Find the line holding "them. If the" in the entries below. Give it again exactly, along with every line after it up to and including the line holding "let mdps = self.weighing.context().reached().mdps();".

(Input Opens)

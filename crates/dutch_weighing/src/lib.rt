//! What a quality weighs, and what a pair and a downfloater of a bracket weigh alone (C.04.3 C.6 to C.19).
//!
//! A scale makes one number of a quality, and the one that weighs less is better: `Scale` writes it digit by digit.
//! What a candidate weighs is the sum of what its pairs and its downfloaters weigh alone, and of what the next bracket
//! weighs, where that is measured (C.7): `Weighing` has all of these, worked out once. It keeps them on the heap; if
//! memory is refused, there are no weights.
#![tactic(auto)]

mod classes;
mod scale;
mod weighing;

pub use scale::{DigitPlan, Scale, bits_for};
pub use weighing::Weighing;
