impl<'a> WeightFloors<'a> {
    /// More than any weight; none if it does not fit.
    fn above_weights(&self) -> Option<Wide> {
        Wide::power_of_two(u32::try_from(self.weighing.scale().width()).ok()?)
    }

    /// What it costs to be left over, on top of half of a weight: more than any weight, so that as many pairs are made
    /// as can be; nothing where C.7 is measured, since there the weights tell of it.
    fn left_over_cost(&self, order: &Order) -> Option<LeftOverCost> {
        let most = self.above_weights()?;
        let never = most.times(NEVER_LEFT)?;
        let cost = match self.reach() {
            Reach::Bracket => most.plus(order.left_over_share()?)?,
            Reach::Lower => most,
            Reach::Next => Wide::zero(),
        };
        Some(LeftOverCost { cost, never })
    }

    /// What is enough for a matching of the players who are in none of some pairs, where a weight is enough for the
    /// bracket: that weight without the pairs, and with what it costs on top to leave over those who are left over.
    fn enough_beside(&self, pairs: &[Pair], order: &Order, weight: Wide) -> Option<Wide> {
        let alone = match self.reach() {
            Reach::Bracket => self.left_over_count(),
            Reach::Lower => self.size() % 2,
            Reach::Next => 0,
        };
        let one = self.left_over_cost(order)?.cost.doubled()?;
        let on_top = one.times(u32::try_from(alone).ok()?)?;
        let known = weight_of(&self.weighing, pairs)?;
        weight.plus(on_top)?.minus(known)
    }

    /// Looks for a cheapest matching of the players who are in none of the pairs, for the arrangements of the scope. It
    /// answers the table to be checked, and the matching; none if nothing was found, or memory was refused.
    fn propose(
        &self,
        request: &FloorRequest<'_>,
        order: &Order,
        enough: Option<Wide>,
        left: &mut u64,
    ) -> Result<Option<Proposal>, Stopped>
        ensures falls { left.new ≤ left.old }
        ensures stopped { MatchResult result (λ _. Unit {0}) (λ _. left.new ≡ 0) }
    {
        let Some(left_over) = self.left_over_cost(order) else {
            return Ok(None);
        };
        let sought = Sought {
            scope: request.scope,
            wish: self.wish,
        };
        let scoped = Scoped::new(&self.weighing, sought, self.reach(), order);
        let Ok(graph) = UnpairedGraph::beside(&scoped, request.pairs, left_over) else {
            return Ok(None);
        };
        let alloc = self.weighing.context().alloc();
        let Ok(start) = self.traces.start(alloc, &graph, enough) else {
            return Ok(None);
        };
        proposed_in(alloc, &graph, self.size(), &start, left)
    }

    /// Looks for a cheapest matching of the players who are in none of the pairs, or for labels that show what is enough
    /// for it, and keeps the floor that its certificate gives. It answers the matching; none if nothing was confirmed, or
    /// memory was refused.
    fn ask_with(
        &mut self,
        request: &FloorRequest<'_>,
        order: Order,
        enough: Option<Wide>,
        budget: &mut Budget,
    ) -> Result<Option<Matched>, Stopped>
        ensures same { self.new ≡ self.old }
        ensures stopped { MatchResult result (λ _. Unit {0}) (λ _. budget.new.used ≡ budget.new.limit) }
        ensures spends { Spends budget.old budget.new }
    {
        let mut left = budget.limit - budget.used;
        let proposal = self.propose(request, &order, enough, &mut left);
        budget.used = budget.limit - left;
        let Some(proposal) = proposal? else {
            return Ok(None);
        };
        let Proposal {
            table,
            matched,
            traces,
        } = proposal;
        if order.is_none() {
            self.traces = traces;
        }
        self.make_room(!order.is_none());
        match self.put(table, request.scope, order) {
            Ok(Some(looks)) => {
                spend(looks / LOOKS_IN_A_STEP, budget)?;
                Ok(Some(matched))
            }
            _ => {
                let count = self.size();
                spend((count * count) as u64 / LOOKS_IN_A_STEP, budget)?;
                Ok(None)
            }
        }
    }

    /// Asks for a floor to which nothing is added for the order of S1R, until a weight is known to be exceeded, if there
    /// is one that is enough. It answers the matching; none if nothing was confirmed, or memory was refused.
    fn ask(
        &mut self,
        request: &FloorRequest<'_>,
        enough: Option<Wide>,
        budget: &mut Budget,
    ) -> Result<Option<Matched>, Stopped>
        ensures same { self.new ≡ self.old }
        ensures stopped { MatchResult result (λ _. Unit {0}) (λ _. budget.new.used ≡ budget.new.limit) }
        ensures spends { Spends budget.old budget.new }
    {
        let order = Order::none(self.weighing.context().alloc());
        let enough = match enough {
            Some(weight) => self.enough_beside(request.pairs, &order, weight),
            None => None,
        };
        self.ask_with(request, order, enough, budget)
    }

    /// Yes if all candidates with the pairs are beyond one of the bars, by the last floor alone. A no says nothing.
    fn rules_out(&self, pairs: &[Pair], bars: &Bars) -> bool {
        let Some(last) = self.floors.last() else {
            return false;
        };
        let floor = &last.floor;
        let mut sum = floor.base();
        for pair in pairs {
            let Some(more) = sum.plus(floor.slack(pair.0, pair.1)) else {
                return false;
            };
            sum = more;
        }
        match sum.minus(floor.debt()) {
            Some(least) => bars.are_passed(least),
            None => false,
        }
    }

    /// The halves of the residents behind the pairs of an S1 and its S2: none if there is no choice of S1R.
    fn halves_behind(&self, front: &[Pair]) -> Option<Halves> {
        let context = self.weighing.context();
        let mdps = context.reached().mdps();
        let count = context.len();
        let places = self.shape.pairs.checked_sub(front.len())?;
        let half = nth_resident(mdps, count, front, places)?;
        Halves::new(count, mdps, half)
    }

    /// What the order of S1R adds behind the pairs of an S1 and its S2 (D.2); none if there is no room for it below the
    /// weights.
    fn order_by(&self, halves: &Halves) -> Option<Order> {
        if self.weighing.scale().spare() < halves.width() {
            return None;
        }
        Order::by_exchanges(self.weighing.context().alloc(), halves).unwrap_or(None)
    }

    /// Yes if the order of S1R was asked for last behind these pairs of S1 and S2. (Earlier ones are not kept.)
    fn knows_order_behind(&self, pairs: &[Pair]) -> bool {
        match &self.ordered {
            Some(ordered) => ordered.as_slice() == pairs,
            None => false,
        }
    }

    /// Notes that the order of S1R was asked for behind these pairs. (Where memory is refused, nothing is noted.)
    fn note_order(&mut self, pairs: &[Pair])
        ensures { self.new ≡ self.old }
    {
        let mut ordered = Vec::new(self.weighing.context().alloc());
        for pair in pairs {
            if ordered.push(*pair).is_err() {
                return;
            }
        }
        self.ordered = Some(ordered);
    }

    /// Keeps the pairs of a matching as the witness: those that were known before, and those that were found. (Where
    /// memory is refused, there is none.)
    fn keep_witness(&mut self, request: &FloorRequest<'_>, found: &[Pair])
        ensures { self.new ≡ self.old }
    {
        let context = self.weighing.context();
        let (alloc, count) = (context.alloc(), context.len());
        self.witness = match Witness::of(alloc, count, request, found) {
            Ok(witness) => witness,
            Err(_) => Witness::none(alloc),
        };
    }

    /// Asks for the first floor, of all arrangements. Its matching is the first witness, and is answered; none if
    /// nothing was confirmed, or memory was refused.
    pub fn ask_first(&mut self, budget: &mut Budget) -> Result<Option<Matched>, Stopped>
        ensures same { self.new ≡ self.old }
        ensures stopped { MatchResult result (λ _. Unit {0}) (λ _. budget.new.used ≡ budget.new.limit) }
        ensures spends { Spends budget.old budget.new }
    {
        let all = FloorRequest {
            scope: &Scope::all(),
            pairs: &[],
        };
        let found = self.ask(&all, None, budget)?;
        if let Some(matched) = &found {
            self.keep_witness(&all, &matched.pairs);
        }
        Ok(found)
    }

    /// If a walk has left the original S1R, asks for a floor that counts the order of S1R: once behind each S2. Its
    /// matching is the next witness: it has the first S1R that can be as good. A no says that nothing was asked.
    fn tell_order(
        &mut self,
        scope: &Scope,
        pairs: &[Pair],
        budget: &mut Budget,
    ) -> Result<bool, Stopped>
        ensures same { self.new ≡ self.old }
        ensures stopped { MatchResult result (λ _. Unit {0}) (λ _. budget.new.used ≡ budget.new.limit) }
        ensures spends { Spends budget.old budget.new }
    {
        let Some(count) = scope.pairs_of_s1(pairs.len()) else {
            return Ok(false);
        };
        let front = &pairs[..count];
        let Some(halves) = self.halves_behind(front) else {
            return Ok(false);
        };
        if !scope.exchanges(&halves) || self.knows_order_behind(front) {
            return Ok(false);
        }
        self.note_order(front);
        let Some(order) = self.order_by(&halves) else {
            return Ok(false);
        };
        let request = FloorRequest {
            scope: &scope.of_s1(),
            pairs: front,
        };
        if let Some(matched) = self.ask_with(&request, order, None, budget)? {
            self.keep_witness(&request, &matched.pairs);
        }
        Ok(true)
    }

    /// Asks for a floor behind the pairs of a beginning, in the arrangements of a scope, if the witness does not have
    /// them. If the floor does not rule the beginning out, its matching is the next witness. (Whom it asks, and when,
    /// may be changed freely: what a floor says is promised by its certificate, and not by the question.)
    pub fn ask_more(
        &mut self,
        request: &FloorRequest<'_>,
        bars: &Bars,
        budget: &mut Budget,
    ) -> Result<(), Stopped>
        ensures same { self.new ≡ self.old }
        ensures stopped { MatchResult result (λ _. Unit {0}) (λ _. budget.new.used ≡ budget.new.limit) }
        ensures spends { Spends budget.old budget.new }
    {
        if self.tell_order(request.scope, request.pairs, budget)? {
            return Ok(());
        }
        let mdps = self.weighing.context().reached().mdps();
        if self.witness.has(mdps, request) {
            return Ok(());
        }
        let found = self.ask(request, bars.enough(), budget)?;
        if let Some(matched) = found
            && !self.rules_out(request.pairs, bars)
        {
            self.keep_witness(request, &matched.pairs);
        }
        Ok(())
    }
}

(Input Closes)

* Task answer *
    /// them. If the floor does not rule the beginning out, its matching is the next witness. (Whom it asks, and when,
    /// may be changed freely: what a floor says is promised by its certificate, and not by the question.)
    pub fn ask_more(
        &mut self,
        request: &FloorRequest<'_>,
        bars: &Bars,
        budget: &mut Budget,
    ) -> Result<(), Stopped>
        ensures same { self.new ≡ self.old }
        ensures stopped { MatchResult result (λ _. Unit {0}) (λ _. budget.new.used ≡ budget.new.limit) }
        ensures spends { Spends budget.old budget.new }
    {
        if self.tell_order(request.scope, request.pairs, budget)? {
            return Ok(());
        }
        let mdps = self.weighing.context().reached().mdps();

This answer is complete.